*** Supplied data ***

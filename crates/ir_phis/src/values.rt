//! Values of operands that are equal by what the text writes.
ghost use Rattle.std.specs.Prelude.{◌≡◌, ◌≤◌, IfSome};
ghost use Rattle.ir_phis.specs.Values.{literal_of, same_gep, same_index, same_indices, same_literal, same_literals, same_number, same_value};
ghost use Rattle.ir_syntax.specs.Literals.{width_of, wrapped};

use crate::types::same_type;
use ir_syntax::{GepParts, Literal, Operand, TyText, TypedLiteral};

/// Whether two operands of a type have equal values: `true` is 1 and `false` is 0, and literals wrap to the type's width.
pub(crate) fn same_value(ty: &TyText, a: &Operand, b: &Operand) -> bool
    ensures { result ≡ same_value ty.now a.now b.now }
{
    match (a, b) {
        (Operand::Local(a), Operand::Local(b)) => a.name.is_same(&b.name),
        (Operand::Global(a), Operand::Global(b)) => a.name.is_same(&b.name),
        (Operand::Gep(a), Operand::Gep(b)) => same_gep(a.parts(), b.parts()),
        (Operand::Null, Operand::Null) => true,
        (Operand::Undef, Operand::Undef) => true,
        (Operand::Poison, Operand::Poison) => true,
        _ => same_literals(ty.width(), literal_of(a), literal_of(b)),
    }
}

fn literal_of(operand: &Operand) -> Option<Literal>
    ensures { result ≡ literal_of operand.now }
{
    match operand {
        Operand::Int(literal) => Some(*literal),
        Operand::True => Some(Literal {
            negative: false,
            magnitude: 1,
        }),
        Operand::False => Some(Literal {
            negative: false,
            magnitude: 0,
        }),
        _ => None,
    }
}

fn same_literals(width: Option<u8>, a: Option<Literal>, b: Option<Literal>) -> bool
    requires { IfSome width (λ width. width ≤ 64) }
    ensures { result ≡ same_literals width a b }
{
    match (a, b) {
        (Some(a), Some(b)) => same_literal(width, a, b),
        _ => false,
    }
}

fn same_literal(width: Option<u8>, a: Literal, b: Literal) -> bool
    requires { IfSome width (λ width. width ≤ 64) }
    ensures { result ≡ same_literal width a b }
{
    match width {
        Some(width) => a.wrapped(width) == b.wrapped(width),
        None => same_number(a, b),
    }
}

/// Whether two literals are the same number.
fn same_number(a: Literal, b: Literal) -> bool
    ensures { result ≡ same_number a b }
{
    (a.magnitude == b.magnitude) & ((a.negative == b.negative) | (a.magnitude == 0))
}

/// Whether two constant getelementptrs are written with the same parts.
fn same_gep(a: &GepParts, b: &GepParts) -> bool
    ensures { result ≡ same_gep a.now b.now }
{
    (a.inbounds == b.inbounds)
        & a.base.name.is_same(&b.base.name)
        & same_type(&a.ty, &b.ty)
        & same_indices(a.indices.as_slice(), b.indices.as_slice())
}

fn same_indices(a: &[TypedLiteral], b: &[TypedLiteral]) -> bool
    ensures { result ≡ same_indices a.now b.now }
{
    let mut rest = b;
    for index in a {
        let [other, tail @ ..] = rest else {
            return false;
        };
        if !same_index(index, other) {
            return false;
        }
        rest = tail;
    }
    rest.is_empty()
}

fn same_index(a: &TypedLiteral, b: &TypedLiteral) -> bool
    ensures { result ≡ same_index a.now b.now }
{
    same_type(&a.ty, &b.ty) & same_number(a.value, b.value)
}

***

Each line from the top of the data, up to and including the line that contains "fn same_literal(width: Option<u8>, a: Literal, b: Literal)", should be set down exactly.

- _Finished exercise_
filename crates/ir_phis/src/values.rt
//! Values of operands that are equal by what the text writes.
ghost use Rattle.std.specs.Prelude.{◌≡◌, ◌≤◌, IfSome};
ghost use Rattle.ir_phis.specs.Values.{literal_of, same_gep, same_index, same_indices, same_literal, same_literals, same_number, same_value};
ghost use Rattle.ir_syntax.specs.Literals.{width_of, wrapped};

use crate::types::same_type;
use ir_syntax::{GepParts, Literal, Operand, TyText, TypedLiteral};

/// Whether two operands of a type have equal values: `true` is 1 and `false` is 0, and literals wrap to the type's width.
pub(crate) fn same_value(ty: &TyText, a: &Operand, b: &Operand) -> bool
    ensures { result ≡ same_value ty.now a.now b.now }
{
    match (a, b) {
        (Operand::Local(a), Operand::Local(b)) => a.name.is_same(&b.name),
        (Operand::Global(a), Operand::Global(b)) => a.name.is_same(&b.name),
        (Operand::Gep(a), Operand::Gep(b)) => same_gep(a.parts(), b.parts()),
        (Operand::Null, Operand::Null) => true,
        (Operand::Undef, Operand::Undef) => true,
        (Operand::Poison, Operand::Poison) => true,
        _ => same_literals(ty.width(), literal_of(a), literal_of(b)),
    }
}

fn literal_of(operand: &Operand) -> Option<Literal>
    ensures { result ≡ literal_of operand.now }
{
    match operand {
        Operand::Int(literal) => Some(*literal),
        Operand::True => Some(Literal {
            negative: false,
            magnitude: 1,
        }),
        Operand::False => Some(Literal {
            negative: false,
            magnitude: 0,
        }),
        _ => None,
    }
}

fn same_literals(width: Option<u8>, a: Option<Literal>, b: Option<Literal>) -> bool
    requires { IfSome width (λ width. width ≤ 64) }
    ensures { result ≡ same_literals width a b }
{
    match (a, b) {
        (Some(a), Some(b)) => same_literal(width, a, b),
        _ => false,
    }
}

fn same_literal(width: Option<u8>, a: Literal, b: Literal) -> bool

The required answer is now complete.